**EXERCISE DATA**

◇ ◇ ◇ ◇ ◇ ◇ ◇

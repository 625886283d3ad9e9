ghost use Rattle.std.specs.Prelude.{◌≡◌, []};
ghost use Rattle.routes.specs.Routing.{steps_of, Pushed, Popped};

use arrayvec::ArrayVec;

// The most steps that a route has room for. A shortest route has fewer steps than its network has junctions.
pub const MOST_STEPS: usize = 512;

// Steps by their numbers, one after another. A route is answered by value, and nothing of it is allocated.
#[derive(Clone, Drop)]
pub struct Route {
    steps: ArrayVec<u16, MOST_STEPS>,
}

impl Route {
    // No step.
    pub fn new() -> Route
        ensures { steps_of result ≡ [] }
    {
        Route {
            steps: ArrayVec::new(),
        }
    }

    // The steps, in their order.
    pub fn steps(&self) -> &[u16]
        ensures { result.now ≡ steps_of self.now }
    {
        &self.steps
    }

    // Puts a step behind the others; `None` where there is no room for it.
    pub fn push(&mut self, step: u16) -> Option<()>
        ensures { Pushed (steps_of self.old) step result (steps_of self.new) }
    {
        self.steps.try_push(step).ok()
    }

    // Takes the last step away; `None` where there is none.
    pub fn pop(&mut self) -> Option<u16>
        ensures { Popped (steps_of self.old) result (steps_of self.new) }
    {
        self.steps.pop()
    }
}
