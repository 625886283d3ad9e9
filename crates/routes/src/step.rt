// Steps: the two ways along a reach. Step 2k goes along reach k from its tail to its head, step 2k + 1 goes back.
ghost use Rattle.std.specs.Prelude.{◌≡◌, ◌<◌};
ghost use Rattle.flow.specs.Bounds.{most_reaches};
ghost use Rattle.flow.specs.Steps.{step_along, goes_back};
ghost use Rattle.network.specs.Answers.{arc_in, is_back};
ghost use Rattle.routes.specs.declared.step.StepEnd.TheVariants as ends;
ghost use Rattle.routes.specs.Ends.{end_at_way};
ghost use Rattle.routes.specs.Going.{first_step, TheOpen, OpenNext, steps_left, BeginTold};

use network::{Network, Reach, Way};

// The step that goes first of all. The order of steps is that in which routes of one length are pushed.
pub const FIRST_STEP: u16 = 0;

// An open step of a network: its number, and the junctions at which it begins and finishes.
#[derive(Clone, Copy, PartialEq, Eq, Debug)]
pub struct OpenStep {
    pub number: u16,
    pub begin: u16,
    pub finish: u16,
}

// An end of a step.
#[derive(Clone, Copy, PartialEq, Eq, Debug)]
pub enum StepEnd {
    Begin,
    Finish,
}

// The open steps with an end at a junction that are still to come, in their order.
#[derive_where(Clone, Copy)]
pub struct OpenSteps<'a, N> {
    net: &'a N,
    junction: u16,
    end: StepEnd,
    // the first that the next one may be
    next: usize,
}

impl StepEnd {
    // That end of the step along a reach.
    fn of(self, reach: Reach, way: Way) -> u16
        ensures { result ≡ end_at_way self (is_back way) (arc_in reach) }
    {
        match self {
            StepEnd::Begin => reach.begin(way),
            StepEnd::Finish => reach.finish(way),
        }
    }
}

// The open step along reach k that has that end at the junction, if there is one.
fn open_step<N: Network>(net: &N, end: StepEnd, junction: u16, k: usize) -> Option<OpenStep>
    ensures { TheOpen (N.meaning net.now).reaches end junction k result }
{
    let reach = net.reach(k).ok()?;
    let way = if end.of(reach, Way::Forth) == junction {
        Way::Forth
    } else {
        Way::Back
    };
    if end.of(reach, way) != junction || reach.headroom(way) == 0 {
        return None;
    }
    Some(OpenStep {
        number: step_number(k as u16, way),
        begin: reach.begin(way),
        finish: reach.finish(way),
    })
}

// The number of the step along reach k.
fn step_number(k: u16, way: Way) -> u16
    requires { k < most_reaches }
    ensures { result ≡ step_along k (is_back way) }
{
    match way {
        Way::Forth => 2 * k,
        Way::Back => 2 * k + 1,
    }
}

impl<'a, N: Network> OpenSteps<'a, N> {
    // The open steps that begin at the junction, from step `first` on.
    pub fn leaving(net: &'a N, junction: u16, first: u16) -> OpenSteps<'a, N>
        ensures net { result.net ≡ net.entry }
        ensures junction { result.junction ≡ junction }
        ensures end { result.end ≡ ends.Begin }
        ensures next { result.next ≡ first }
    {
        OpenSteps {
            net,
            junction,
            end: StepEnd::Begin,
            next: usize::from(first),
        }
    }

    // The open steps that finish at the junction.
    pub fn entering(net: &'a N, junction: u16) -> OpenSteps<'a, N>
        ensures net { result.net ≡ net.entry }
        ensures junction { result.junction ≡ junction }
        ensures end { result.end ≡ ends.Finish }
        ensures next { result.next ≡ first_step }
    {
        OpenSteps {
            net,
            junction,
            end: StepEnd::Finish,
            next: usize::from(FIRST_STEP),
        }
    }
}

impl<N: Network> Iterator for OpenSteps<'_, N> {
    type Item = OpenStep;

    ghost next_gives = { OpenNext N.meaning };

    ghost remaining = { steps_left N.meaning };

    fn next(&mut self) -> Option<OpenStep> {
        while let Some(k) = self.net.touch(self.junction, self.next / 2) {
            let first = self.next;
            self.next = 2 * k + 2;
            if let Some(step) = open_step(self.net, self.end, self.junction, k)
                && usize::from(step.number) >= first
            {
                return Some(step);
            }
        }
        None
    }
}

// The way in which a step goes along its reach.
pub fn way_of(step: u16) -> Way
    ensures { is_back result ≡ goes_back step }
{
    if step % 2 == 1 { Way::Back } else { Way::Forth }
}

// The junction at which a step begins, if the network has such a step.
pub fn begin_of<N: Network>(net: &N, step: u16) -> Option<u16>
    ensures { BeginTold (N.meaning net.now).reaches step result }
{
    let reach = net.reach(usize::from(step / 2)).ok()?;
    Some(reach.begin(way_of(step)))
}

◇ ◇ ◇ ◇ ◇ ◇ ◇

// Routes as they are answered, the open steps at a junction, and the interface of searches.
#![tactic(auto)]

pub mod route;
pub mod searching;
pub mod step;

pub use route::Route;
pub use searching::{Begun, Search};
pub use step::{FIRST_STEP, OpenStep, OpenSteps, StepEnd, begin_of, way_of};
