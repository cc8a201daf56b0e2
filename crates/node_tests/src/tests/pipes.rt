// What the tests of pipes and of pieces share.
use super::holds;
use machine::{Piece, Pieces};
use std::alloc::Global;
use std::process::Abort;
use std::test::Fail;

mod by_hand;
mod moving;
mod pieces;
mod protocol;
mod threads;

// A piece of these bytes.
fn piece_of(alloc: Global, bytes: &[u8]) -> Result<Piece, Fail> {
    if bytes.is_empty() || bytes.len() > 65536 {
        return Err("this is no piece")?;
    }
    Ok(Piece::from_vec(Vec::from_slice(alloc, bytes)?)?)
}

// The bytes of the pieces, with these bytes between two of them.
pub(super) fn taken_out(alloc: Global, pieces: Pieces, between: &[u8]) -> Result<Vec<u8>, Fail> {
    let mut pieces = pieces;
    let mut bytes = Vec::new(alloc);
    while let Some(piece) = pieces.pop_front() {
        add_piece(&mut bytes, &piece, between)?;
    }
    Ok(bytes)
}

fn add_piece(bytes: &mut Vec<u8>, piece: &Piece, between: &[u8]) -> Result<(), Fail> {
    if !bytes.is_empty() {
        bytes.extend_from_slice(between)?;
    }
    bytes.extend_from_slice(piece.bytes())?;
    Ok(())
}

◇ ◇ ◇ ◇ ◇ ◇ ◇

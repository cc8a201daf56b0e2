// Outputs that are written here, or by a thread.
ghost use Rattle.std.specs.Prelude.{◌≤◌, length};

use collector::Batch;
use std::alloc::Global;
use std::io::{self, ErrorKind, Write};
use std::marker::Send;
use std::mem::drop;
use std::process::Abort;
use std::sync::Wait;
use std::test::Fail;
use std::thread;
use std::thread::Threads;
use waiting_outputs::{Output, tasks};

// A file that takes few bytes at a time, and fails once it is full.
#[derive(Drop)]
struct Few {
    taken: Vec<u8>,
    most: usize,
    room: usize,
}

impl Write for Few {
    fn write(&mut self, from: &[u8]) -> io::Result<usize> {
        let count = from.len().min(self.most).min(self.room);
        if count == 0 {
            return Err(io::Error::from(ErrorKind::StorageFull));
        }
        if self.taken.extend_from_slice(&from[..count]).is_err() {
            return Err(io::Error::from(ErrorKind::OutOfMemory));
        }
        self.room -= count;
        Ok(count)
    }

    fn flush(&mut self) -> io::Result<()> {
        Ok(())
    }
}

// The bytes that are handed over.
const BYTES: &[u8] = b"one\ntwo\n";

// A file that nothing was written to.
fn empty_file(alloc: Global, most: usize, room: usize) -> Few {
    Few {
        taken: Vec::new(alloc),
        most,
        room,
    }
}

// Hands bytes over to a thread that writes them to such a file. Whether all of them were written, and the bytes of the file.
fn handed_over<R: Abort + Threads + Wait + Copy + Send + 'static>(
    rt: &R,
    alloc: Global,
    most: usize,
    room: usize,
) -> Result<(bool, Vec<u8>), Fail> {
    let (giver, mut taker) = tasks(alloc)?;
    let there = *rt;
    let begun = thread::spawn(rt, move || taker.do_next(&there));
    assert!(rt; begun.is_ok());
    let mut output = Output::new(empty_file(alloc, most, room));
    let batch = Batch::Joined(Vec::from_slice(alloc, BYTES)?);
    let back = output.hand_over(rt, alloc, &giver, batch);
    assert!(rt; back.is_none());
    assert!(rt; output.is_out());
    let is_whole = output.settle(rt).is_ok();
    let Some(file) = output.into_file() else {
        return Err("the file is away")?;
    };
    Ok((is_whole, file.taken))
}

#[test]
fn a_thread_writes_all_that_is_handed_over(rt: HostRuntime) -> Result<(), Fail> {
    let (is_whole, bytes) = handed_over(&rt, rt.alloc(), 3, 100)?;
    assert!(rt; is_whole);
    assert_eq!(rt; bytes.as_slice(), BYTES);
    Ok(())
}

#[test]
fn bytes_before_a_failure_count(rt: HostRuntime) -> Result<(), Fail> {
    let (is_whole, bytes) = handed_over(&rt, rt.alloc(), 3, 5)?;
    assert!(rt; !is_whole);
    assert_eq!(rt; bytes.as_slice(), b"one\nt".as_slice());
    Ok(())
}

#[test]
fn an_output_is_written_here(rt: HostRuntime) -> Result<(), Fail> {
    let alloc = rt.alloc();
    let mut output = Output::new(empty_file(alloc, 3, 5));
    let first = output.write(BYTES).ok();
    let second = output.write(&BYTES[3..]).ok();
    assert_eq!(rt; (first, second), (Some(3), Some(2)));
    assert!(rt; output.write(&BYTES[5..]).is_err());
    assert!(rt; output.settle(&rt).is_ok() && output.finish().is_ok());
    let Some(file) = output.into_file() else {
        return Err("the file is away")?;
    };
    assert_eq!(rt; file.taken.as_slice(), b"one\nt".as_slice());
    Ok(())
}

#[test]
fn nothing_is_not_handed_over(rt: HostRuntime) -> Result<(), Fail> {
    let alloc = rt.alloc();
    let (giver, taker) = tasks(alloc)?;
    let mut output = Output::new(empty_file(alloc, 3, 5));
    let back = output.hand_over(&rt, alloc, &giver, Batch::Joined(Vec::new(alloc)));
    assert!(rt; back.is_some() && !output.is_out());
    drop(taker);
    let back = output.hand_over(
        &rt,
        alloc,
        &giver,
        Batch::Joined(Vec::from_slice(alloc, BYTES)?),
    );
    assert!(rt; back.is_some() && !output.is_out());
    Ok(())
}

◇ ◇ ◇ ◇ ◇ ◇ ◇

**EXERCISE REQUIREMENTS**
Pick every line of the data that includes the string "these".

**YOUR SOLUTION**
// A piece of these bytes.
// The bytes of the pieces, with these bytes between two of them.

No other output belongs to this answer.